Required action – Every line in the listing below from the one with "fn count_digits(text: &[u8]) -> usize" through the one with "let n = (2 * bytes.len()).min(out.len());" is to be reproduced exactly, both ends included; leave out the rest.

Input for this task –
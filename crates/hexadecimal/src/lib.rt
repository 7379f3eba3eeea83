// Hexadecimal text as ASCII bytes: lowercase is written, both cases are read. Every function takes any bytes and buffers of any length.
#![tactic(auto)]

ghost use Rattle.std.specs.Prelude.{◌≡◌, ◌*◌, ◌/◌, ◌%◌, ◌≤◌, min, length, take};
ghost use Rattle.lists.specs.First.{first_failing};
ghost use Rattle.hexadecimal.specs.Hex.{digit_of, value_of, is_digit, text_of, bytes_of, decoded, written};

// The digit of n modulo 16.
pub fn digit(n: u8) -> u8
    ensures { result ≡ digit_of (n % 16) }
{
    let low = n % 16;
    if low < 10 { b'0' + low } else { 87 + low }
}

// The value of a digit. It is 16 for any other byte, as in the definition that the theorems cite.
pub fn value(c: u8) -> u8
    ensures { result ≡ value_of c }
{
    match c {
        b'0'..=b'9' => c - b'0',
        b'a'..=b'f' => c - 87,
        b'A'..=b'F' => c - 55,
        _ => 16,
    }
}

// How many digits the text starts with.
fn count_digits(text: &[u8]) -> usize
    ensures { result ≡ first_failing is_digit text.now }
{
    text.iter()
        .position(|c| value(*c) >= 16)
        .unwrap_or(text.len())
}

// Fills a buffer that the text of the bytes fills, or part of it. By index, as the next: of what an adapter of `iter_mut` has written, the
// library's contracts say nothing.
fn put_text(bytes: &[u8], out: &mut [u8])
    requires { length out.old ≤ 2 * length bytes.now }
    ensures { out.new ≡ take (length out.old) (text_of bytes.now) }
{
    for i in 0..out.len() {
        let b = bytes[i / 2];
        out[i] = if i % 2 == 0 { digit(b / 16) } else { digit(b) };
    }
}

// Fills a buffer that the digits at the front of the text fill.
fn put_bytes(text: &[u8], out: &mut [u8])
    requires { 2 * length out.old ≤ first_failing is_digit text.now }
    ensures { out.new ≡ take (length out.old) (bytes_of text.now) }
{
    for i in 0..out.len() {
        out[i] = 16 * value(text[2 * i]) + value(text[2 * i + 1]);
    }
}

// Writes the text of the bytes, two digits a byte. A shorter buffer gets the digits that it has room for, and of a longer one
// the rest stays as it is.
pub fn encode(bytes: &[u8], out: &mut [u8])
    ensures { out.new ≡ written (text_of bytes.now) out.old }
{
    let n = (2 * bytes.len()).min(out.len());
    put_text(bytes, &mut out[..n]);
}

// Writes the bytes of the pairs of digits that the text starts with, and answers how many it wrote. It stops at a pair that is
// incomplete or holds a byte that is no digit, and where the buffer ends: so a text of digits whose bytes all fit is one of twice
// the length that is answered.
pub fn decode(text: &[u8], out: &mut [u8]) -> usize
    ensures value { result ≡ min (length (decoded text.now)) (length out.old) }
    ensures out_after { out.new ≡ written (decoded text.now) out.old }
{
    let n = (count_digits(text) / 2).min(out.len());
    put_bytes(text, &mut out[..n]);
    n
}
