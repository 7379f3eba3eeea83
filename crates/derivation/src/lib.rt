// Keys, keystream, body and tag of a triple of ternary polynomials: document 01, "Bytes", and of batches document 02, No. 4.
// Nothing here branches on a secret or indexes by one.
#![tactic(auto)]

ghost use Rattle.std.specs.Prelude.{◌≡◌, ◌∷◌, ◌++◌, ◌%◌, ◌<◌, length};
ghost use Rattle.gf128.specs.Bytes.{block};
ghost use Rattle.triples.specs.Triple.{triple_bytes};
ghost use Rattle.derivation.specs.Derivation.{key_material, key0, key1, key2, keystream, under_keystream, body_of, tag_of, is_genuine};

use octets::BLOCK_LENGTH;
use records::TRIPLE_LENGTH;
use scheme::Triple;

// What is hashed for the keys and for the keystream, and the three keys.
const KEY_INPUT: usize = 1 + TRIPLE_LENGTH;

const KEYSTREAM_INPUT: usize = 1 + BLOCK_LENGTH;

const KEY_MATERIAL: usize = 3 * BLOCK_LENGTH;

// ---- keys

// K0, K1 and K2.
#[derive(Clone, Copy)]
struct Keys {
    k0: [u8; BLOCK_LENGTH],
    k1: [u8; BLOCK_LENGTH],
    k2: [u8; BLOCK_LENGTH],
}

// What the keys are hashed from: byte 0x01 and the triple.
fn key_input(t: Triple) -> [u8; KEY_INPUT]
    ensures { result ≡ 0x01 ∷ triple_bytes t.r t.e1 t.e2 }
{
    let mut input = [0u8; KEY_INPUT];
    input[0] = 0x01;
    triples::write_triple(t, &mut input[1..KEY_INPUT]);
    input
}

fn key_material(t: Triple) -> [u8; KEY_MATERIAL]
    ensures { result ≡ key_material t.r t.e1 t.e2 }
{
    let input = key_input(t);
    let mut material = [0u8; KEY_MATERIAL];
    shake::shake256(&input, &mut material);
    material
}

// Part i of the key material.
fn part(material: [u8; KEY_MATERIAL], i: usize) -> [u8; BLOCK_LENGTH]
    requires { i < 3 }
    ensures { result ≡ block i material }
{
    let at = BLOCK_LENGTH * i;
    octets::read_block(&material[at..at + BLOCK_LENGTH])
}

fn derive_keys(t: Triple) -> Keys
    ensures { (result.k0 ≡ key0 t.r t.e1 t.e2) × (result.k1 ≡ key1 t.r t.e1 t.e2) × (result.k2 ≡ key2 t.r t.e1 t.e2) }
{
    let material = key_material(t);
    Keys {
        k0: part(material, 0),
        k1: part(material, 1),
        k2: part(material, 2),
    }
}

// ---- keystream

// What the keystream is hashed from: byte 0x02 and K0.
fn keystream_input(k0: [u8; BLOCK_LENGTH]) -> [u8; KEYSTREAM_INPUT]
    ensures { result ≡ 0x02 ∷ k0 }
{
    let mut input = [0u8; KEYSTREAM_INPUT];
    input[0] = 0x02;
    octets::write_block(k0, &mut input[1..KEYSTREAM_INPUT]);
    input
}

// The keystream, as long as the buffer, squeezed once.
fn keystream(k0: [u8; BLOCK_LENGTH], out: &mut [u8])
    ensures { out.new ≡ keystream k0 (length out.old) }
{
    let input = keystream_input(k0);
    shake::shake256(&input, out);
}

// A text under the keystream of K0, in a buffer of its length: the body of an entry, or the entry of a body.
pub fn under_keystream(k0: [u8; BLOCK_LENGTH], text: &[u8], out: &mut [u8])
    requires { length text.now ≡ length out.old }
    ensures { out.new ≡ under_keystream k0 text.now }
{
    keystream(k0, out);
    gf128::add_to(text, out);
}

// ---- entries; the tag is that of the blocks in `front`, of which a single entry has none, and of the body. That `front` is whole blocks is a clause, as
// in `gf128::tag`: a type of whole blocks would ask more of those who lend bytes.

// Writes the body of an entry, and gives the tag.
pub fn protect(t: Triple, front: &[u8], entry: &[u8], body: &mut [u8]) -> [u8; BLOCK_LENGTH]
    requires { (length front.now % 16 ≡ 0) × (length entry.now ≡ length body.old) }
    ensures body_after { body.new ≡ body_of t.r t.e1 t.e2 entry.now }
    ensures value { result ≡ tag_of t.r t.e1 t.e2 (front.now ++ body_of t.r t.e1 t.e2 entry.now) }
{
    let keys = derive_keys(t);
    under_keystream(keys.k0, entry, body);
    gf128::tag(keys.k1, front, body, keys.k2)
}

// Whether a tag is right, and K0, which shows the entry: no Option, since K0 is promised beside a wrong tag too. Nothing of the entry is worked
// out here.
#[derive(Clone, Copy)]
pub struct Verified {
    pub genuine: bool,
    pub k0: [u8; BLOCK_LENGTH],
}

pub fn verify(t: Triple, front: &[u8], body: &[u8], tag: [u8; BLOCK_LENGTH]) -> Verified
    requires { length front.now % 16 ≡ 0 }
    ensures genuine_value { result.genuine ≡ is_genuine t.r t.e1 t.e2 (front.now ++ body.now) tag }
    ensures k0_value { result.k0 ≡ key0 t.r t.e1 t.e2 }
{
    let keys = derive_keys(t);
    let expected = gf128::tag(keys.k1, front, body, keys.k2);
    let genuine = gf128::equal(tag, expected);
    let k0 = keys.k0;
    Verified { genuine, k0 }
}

Answer box –
fn count_digits(text: &[u8]) -> usize
    ensures { result ≡ first_failing is_digit text.now }
{
    text.iter()
        .position(|c| value(*c) >= 16)
        .unwrap_or(text.len())
}

// Fills a buffer that the text of the bytes fills, or part of it. By index, as the next: of what an adapter of `iter_mut` has written, the
// library's contracts say nothing.
fn put_text(bytes: &[u8], out: &mut [u8])
    requires { length out.old ≤ 2 * length bytes.now }
    ensures { out.new ≡ take (length out.old) (text_of bytes.now) }
{
    for i in 0..out.len() {
        let b = bytes[i / 2];
        out[i] = if i % 2 == 0 { digit(b / 16) } else { digit(b) };
    }
}

// Fills a buffer that the digits at the front of the text fill.
fn put_bytes(text: &[u8], out: &mut [u8])
    requires { 2 * length out.old ≤ first_failing is_digit text.now }
    ensures { out.new ≡ take (length out.old) (bytes_of text.now) }
{
    for i in 0..out.len() {
        out[i] = 16 * value(text[2 * i]) + value(text[2 * i + 1]);
    }
}

// Writes the text of the bytes, two digits a byte. A shorter buffer gets the digits that it has room for, and of a longer one
// the rest stays as it is.
pub fn encode(bytes: &[u8], out: &mut [u8])
    ensures { out.new ≡ written (text_of bytes.now) out.old }
{
    let n = (2 * bytes.len()).min(out.len());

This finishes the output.